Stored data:

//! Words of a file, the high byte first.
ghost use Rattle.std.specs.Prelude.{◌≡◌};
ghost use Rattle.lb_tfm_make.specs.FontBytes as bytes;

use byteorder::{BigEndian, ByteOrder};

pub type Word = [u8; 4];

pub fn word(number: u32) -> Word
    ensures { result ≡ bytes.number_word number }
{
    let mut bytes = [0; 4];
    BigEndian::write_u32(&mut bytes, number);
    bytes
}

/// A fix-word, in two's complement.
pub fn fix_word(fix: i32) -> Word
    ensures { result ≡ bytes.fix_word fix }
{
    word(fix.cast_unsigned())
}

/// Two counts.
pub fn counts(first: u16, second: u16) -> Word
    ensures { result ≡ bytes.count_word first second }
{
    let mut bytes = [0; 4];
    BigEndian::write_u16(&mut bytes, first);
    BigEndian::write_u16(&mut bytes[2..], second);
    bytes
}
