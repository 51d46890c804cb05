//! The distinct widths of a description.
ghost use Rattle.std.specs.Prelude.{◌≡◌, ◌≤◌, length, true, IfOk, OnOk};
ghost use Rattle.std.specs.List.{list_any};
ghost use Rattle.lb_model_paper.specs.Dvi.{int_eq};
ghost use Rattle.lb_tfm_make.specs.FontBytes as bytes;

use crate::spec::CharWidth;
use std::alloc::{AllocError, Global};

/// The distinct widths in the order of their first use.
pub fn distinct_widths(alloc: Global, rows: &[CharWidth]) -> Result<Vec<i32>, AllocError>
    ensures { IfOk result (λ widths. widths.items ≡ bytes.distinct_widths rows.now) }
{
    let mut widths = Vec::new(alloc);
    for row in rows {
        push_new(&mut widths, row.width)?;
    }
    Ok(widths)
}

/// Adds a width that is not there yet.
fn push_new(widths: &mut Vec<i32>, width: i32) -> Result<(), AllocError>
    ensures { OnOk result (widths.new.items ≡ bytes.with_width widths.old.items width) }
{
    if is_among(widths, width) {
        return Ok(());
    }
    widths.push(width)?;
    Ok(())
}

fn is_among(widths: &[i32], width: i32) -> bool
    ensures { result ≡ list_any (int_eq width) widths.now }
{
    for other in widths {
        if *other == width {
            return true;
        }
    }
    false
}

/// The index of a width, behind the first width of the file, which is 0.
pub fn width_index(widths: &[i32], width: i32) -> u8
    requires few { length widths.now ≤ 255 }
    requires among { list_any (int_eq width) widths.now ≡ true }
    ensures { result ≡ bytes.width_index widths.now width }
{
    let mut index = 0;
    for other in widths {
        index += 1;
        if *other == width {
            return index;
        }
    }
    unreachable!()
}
--
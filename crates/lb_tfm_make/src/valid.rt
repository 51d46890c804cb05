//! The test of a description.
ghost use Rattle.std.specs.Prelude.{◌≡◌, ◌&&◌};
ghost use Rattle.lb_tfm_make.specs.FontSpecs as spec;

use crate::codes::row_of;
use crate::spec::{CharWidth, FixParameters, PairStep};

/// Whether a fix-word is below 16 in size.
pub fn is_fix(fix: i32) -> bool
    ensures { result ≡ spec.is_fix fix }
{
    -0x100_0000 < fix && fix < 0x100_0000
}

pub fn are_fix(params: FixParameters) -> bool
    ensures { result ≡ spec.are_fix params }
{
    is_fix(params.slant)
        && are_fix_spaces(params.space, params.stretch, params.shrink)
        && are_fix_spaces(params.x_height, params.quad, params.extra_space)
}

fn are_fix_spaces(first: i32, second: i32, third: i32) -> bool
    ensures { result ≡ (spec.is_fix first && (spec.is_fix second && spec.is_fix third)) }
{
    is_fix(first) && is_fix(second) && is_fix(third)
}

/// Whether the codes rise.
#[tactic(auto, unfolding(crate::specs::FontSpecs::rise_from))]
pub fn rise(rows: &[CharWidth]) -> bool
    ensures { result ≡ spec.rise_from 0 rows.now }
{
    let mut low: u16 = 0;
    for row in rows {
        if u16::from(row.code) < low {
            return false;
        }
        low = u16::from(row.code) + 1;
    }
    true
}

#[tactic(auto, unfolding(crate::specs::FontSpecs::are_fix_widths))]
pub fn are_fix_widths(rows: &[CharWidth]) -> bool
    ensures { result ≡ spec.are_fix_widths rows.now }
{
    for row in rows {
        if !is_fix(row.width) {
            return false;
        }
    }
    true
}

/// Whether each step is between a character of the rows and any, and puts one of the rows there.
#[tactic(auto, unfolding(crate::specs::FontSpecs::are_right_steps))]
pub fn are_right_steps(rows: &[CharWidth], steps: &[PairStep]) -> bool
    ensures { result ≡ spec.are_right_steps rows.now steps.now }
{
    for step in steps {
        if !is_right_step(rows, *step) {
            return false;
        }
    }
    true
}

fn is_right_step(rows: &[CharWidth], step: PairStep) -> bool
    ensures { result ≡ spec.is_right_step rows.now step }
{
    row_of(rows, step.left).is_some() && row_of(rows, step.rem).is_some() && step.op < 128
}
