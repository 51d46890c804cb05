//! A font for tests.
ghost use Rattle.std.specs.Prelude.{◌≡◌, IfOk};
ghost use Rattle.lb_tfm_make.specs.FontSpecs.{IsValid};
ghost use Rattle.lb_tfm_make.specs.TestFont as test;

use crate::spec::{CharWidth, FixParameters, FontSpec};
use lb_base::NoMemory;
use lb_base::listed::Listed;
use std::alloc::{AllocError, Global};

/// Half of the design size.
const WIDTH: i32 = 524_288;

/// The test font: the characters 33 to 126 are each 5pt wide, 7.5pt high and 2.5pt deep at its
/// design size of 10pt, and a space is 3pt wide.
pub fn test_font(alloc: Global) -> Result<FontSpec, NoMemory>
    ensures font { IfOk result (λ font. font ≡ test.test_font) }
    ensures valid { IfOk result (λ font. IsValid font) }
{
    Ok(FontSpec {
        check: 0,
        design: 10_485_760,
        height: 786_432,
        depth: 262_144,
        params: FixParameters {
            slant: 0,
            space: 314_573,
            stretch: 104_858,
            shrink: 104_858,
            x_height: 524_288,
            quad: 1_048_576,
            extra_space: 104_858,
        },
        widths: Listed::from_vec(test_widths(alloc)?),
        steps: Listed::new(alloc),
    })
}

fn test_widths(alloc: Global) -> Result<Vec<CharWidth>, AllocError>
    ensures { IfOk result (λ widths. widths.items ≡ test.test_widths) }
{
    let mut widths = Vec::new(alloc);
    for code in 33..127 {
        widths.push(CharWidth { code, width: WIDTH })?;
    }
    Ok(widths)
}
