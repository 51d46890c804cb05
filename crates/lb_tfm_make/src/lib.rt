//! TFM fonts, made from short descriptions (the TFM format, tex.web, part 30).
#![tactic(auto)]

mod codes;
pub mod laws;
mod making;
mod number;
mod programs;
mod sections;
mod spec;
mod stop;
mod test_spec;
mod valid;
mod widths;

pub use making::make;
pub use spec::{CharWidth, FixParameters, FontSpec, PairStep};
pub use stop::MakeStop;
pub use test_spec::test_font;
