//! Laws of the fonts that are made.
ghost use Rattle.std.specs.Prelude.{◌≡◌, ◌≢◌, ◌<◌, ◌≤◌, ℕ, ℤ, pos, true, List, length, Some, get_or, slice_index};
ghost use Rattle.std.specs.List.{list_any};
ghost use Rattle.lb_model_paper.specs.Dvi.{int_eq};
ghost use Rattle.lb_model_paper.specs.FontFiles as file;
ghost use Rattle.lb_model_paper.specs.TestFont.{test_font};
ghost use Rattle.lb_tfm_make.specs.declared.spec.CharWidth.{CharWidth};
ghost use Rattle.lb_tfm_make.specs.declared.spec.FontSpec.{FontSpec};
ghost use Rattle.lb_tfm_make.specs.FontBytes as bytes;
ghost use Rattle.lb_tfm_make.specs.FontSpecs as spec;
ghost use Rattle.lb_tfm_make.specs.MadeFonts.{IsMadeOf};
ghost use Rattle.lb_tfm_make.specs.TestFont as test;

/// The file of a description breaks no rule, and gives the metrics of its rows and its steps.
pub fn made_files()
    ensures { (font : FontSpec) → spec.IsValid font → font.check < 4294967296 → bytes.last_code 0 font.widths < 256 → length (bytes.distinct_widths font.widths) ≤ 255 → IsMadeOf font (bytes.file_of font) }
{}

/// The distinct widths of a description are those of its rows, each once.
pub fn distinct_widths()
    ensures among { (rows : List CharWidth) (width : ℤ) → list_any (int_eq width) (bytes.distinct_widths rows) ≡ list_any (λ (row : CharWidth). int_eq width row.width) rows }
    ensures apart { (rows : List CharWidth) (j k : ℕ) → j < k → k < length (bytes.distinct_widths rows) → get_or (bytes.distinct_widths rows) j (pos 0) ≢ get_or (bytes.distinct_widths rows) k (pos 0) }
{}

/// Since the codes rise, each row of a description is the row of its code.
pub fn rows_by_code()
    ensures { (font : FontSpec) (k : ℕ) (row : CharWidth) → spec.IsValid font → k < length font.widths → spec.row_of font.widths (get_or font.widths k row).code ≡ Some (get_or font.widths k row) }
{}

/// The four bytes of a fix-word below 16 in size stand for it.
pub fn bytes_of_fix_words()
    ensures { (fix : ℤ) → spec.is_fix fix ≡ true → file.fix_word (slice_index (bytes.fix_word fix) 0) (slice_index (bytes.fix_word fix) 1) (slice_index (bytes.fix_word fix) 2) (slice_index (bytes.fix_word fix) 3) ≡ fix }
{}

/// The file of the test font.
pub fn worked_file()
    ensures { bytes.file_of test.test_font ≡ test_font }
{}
* * *
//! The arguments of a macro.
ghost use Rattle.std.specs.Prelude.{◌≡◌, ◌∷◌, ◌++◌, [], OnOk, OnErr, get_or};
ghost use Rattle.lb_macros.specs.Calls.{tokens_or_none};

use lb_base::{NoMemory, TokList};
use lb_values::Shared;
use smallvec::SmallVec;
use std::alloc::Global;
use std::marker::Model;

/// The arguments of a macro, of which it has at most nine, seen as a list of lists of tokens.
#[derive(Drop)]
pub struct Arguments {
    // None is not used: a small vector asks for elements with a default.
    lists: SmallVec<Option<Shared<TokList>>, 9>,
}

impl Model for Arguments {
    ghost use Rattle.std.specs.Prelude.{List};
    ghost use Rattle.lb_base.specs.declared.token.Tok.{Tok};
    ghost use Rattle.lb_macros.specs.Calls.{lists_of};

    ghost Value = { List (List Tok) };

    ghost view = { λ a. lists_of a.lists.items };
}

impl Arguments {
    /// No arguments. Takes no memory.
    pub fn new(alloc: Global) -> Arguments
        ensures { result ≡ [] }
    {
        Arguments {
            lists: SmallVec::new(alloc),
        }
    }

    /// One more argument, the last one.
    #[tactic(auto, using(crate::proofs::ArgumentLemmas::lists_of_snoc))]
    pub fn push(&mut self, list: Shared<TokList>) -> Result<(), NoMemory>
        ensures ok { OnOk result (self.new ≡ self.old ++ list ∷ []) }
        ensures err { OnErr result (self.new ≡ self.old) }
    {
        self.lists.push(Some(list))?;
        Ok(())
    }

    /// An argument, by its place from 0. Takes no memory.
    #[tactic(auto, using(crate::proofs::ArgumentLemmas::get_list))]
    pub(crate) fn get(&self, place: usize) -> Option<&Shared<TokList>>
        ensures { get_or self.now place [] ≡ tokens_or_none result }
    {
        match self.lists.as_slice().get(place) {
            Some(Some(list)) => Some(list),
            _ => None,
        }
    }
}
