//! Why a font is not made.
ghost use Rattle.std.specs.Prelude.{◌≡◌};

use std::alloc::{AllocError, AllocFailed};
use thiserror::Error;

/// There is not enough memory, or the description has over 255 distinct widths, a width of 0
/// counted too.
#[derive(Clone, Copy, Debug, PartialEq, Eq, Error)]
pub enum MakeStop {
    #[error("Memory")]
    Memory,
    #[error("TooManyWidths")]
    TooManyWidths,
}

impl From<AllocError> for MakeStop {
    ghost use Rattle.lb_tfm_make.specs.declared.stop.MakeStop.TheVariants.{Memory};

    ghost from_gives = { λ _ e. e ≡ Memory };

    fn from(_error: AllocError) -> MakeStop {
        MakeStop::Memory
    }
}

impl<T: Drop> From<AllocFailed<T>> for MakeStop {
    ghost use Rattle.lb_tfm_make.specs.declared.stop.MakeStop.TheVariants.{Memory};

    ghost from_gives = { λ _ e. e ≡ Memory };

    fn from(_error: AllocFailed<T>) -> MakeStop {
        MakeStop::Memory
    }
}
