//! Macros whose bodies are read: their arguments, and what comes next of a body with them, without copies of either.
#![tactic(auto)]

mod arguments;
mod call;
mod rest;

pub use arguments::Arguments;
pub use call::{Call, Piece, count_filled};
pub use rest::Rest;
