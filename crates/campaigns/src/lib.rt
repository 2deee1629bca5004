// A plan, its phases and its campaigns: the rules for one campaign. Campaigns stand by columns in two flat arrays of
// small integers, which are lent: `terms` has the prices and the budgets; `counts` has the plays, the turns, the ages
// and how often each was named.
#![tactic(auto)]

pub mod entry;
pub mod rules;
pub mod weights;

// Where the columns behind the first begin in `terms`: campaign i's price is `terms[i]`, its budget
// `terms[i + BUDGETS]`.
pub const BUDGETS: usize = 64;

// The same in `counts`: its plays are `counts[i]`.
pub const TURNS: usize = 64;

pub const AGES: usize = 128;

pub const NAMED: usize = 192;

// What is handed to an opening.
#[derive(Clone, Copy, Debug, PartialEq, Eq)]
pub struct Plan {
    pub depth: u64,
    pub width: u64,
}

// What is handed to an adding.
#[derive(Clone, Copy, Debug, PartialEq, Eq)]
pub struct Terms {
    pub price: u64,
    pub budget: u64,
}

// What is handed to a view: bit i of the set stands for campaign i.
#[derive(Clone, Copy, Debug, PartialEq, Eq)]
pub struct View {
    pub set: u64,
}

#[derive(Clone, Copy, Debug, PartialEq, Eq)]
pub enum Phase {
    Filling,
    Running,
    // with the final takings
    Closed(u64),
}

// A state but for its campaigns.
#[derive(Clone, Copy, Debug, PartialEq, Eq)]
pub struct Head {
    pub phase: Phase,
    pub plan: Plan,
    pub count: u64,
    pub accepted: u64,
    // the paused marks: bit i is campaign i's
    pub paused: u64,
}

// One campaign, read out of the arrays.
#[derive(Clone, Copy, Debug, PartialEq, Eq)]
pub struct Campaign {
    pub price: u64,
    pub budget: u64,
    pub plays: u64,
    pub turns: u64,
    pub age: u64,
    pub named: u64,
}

PROMPT = Above are records; repeat only the lines starting at the line with "repository 2deee1629bca5004" and ending at the line with "for campaign i.", exactly as they appear, both included.

TASK RESULT =
repository 2deee1629bca5004
// A plan, its phases and its campaigns: the rules for one campaign. Campaigns stand by columns in two flat arrays of
// small integers, which are lent: `terms` has the prices and the budgets; `counts` has the plays, the turns, the ages
// and how often each was named.
#![tactic(auto)]

pub mod entry;
pub mod rules;
pub mod weights;

// Where the columns behind the first begin in `terms`: campaign i's price is `terms[i]`, its budget
// `terms[i + BUDGETS]`.
pub const BUDGETS: usize = 64;

// The same in `counts`: its plays are `counts[i]`.
pub const TURNS: usize = 64;

pub const AGES: usize = 128;

pub const NAMED: usize = 192;

// What is handed to an opening.
#[derive(Clone, Copy, Debug, PartialEq, Eq)]
pub struct Plan {
    pub depth: u64,
    pub width: u64,
}

// What is handed to an adding.
#[derive(Clone, Copy, Debug, PartialEq, Eq)]
pub struct Terms {
    pub price: u64,
    pub budget: u64,
}

// What is handed to a view: bit i of the set stands for campaign i.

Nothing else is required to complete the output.